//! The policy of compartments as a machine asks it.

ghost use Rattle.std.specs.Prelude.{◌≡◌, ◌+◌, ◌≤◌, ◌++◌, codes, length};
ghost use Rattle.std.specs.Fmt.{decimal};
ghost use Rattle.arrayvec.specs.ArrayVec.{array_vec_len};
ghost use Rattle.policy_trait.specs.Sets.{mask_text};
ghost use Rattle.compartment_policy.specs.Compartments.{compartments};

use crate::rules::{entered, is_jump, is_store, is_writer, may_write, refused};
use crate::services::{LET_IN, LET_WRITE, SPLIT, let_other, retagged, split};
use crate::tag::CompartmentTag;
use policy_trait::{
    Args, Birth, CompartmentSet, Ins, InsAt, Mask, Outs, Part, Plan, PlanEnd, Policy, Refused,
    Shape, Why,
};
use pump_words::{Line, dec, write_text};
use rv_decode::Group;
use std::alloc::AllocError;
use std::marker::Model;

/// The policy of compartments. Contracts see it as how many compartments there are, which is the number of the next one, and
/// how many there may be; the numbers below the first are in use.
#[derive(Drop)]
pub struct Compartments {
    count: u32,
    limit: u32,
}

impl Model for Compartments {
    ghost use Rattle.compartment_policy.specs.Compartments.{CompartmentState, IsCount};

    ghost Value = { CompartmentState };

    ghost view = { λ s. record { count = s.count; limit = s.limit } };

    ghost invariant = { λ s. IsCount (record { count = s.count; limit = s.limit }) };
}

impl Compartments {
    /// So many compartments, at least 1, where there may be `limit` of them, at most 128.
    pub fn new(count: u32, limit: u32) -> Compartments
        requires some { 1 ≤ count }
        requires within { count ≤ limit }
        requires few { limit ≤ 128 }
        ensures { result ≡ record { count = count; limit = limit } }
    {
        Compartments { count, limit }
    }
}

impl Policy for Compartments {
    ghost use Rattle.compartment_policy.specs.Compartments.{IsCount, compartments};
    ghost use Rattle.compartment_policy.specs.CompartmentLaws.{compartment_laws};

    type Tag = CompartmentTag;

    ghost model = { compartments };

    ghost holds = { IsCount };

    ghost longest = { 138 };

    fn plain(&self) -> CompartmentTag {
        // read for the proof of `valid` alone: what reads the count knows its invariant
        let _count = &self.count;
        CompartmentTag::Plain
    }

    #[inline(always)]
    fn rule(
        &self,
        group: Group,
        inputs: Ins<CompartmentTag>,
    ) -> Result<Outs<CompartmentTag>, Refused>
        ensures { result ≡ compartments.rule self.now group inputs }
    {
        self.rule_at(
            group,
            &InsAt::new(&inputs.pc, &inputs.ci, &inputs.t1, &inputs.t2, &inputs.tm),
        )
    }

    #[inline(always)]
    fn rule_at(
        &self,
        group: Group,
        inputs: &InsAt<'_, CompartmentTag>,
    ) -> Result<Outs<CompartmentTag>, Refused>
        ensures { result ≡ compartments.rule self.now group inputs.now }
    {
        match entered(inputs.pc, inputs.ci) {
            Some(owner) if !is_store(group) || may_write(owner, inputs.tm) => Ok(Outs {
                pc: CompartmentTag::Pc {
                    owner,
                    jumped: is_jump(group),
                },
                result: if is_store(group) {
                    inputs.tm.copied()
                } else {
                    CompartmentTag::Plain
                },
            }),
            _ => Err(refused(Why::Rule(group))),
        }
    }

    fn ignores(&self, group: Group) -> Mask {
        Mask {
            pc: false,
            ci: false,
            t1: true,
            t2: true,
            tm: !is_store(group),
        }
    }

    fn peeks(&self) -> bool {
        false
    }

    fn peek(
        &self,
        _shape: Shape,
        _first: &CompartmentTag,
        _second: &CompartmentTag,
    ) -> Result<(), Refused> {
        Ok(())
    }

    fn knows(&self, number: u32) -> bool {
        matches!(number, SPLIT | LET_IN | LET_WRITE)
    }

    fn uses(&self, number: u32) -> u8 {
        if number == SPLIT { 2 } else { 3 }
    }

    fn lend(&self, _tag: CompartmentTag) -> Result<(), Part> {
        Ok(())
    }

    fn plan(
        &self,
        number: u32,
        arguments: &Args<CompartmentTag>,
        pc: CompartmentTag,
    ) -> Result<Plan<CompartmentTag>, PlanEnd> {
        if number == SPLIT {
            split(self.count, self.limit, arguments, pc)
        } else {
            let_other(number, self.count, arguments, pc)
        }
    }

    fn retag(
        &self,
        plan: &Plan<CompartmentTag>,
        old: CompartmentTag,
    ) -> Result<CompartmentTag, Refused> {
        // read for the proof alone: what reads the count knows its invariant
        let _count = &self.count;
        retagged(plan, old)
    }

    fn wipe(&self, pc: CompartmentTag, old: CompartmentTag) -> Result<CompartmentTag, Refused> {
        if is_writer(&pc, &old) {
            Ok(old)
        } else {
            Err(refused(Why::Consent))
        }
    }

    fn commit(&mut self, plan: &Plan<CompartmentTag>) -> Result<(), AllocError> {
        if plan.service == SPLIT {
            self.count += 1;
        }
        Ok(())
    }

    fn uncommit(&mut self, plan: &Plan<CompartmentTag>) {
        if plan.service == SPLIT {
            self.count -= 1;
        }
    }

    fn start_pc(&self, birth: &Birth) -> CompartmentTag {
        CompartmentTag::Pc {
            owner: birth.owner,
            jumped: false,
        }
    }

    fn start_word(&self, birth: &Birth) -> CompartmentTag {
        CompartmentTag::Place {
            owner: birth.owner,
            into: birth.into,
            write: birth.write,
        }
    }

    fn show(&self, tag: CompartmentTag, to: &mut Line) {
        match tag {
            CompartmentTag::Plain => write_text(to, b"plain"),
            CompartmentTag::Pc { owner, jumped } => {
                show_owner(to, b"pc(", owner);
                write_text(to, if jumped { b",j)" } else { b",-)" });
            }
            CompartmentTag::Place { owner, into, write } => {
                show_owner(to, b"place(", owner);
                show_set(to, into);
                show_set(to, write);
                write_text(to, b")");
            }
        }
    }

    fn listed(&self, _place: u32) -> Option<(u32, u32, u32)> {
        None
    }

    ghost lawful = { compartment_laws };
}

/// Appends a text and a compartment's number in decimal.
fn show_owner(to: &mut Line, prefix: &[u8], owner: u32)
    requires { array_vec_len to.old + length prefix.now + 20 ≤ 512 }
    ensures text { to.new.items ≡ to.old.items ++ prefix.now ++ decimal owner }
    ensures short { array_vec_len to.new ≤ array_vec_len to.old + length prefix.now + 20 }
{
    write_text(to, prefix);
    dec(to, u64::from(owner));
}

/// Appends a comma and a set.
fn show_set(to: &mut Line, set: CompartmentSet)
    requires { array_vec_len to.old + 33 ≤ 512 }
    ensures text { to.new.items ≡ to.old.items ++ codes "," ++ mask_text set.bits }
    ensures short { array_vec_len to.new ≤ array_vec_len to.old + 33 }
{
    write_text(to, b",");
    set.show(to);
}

...

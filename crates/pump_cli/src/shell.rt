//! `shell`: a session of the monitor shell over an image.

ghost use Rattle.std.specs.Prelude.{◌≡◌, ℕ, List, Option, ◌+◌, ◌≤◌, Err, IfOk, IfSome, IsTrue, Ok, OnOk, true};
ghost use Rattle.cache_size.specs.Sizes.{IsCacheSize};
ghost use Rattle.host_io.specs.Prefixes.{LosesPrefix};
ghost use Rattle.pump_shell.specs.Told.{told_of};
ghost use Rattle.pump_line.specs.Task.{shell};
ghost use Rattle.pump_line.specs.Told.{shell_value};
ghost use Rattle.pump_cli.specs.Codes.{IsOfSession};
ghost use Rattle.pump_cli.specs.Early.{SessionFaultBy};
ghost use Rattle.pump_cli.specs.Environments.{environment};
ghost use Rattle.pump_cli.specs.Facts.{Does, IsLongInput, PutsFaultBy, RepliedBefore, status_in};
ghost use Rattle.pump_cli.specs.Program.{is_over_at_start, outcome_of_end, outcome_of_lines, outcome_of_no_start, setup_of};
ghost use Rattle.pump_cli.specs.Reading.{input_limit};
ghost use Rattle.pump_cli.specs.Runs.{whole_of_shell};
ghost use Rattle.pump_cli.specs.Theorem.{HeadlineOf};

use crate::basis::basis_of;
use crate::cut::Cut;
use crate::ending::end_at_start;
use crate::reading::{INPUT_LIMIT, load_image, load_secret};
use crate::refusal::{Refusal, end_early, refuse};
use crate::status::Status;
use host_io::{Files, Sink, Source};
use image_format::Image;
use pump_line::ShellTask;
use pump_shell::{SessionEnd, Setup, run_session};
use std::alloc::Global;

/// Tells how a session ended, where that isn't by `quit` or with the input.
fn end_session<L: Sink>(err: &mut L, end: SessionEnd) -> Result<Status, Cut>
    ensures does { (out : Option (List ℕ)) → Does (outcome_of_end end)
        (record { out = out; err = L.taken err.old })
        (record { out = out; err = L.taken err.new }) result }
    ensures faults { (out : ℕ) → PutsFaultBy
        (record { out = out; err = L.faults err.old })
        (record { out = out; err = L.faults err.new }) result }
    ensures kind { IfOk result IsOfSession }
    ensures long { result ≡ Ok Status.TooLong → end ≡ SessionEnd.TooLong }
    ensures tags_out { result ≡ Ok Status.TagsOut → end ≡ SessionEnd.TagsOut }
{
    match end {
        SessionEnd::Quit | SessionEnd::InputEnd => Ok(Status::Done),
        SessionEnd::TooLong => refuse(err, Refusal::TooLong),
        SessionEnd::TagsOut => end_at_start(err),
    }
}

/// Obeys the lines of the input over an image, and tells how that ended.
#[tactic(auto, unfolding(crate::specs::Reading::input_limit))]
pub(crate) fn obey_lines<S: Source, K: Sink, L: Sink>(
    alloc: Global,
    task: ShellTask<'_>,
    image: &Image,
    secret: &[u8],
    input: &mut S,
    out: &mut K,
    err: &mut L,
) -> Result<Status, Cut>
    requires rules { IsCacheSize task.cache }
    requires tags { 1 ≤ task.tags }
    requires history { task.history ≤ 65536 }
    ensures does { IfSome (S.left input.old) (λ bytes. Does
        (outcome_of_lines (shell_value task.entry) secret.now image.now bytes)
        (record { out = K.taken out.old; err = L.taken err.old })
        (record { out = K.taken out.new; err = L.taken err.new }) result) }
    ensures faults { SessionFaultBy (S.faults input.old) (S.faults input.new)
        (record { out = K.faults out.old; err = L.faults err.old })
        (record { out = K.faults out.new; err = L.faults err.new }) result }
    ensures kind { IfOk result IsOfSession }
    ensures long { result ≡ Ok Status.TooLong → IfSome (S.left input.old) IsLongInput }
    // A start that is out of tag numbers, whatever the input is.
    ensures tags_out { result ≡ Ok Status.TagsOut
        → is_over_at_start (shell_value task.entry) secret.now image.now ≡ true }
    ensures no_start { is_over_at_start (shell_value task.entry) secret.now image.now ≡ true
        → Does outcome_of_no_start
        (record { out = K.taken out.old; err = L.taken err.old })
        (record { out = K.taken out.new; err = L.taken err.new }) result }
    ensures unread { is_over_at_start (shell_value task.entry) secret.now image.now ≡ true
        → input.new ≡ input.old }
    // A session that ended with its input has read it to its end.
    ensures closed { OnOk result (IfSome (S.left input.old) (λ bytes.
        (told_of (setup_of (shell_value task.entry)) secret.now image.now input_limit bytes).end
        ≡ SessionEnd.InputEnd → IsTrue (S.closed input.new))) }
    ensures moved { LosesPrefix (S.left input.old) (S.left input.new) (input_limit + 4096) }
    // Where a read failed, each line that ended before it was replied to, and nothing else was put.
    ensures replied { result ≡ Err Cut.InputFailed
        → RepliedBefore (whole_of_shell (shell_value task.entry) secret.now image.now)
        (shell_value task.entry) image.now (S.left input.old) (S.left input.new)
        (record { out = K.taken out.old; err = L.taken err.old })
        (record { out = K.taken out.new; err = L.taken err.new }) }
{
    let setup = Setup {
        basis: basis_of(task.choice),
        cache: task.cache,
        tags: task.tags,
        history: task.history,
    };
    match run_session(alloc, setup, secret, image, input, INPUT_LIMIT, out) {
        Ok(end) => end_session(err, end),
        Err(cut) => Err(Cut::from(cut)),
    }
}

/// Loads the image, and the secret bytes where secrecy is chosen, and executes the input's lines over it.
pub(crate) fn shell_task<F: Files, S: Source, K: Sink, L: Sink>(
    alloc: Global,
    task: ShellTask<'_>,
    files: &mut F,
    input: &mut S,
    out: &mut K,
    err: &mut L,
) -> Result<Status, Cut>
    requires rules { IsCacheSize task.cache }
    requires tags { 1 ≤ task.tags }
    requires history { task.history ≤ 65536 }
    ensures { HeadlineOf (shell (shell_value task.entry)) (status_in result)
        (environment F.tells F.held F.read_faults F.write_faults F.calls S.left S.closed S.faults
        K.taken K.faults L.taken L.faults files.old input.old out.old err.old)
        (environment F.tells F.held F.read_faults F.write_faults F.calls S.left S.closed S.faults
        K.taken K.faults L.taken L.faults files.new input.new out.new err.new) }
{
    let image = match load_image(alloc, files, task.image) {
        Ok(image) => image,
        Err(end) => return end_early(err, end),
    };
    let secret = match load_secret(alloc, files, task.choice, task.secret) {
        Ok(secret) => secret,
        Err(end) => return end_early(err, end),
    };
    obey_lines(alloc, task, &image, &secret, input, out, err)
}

* * *

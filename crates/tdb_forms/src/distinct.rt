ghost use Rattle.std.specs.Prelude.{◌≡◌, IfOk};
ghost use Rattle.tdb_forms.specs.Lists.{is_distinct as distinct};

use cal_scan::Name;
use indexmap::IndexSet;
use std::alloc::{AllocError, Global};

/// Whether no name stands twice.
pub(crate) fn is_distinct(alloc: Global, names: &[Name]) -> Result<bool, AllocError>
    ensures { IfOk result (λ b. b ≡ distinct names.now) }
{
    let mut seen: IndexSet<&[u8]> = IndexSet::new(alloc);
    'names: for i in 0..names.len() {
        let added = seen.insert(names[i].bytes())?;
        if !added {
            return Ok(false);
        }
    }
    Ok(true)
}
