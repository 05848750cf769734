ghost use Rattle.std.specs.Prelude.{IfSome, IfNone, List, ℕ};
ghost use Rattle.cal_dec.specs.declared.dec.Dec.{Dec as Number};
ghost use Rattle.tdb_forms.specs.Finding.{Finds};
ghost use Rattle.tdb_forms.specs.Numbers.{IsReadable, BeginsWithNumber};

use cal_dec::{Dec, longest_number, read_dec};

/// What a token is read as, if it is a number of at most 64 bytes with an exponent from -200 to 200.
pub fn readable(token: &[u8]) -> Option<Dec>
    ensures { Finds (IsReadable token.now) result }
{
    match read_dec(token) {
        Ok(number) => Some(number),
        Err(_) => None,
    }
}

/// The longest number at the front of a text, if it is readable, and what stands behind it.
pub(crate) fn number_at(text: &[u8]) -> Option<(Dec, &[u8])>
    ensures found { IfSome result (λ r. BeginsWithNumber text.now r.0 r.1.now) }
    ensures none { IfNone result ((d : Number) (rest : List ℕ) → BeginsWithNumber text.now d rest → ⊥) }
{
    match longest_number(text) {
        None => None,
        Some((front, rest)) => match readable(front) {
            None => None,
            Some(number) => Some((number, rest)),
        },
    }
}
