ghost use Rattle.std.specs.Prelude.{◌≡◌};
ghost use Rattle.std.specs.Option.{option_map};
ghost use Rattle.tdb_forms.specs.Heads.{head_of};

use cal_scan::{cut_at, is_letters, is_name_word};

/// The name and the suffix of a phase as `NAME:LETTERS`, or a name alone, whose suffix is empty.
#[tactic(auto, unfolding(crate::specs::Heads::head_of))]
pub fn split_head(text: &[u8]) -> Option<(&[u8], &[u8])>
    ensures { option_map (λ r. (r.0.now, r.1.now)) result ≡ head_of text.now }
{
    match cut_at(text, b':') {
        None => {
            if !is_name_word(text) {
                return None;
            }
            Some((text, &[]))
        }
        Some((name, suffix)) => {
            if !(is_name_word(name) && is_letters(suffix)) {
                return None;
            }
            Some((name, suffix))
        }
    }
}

[What is expected]:
Go through the material above and output exactly the lines from the one containing "(IfSome (S.left input.old) (λ bytes." through the one containing "SessionEnd.InputEnd → IsTrue".

[Task solution]:
    ensures closed { OnOk result (IfSome (S.left input.old) (λ bytes.
        (told_of (setup_of (shell_value task.entry)) secret.now image.now input_limit bytes).end
        ≡ SessionEnd.InputEnd → IsTrue (S.closed input.new))) }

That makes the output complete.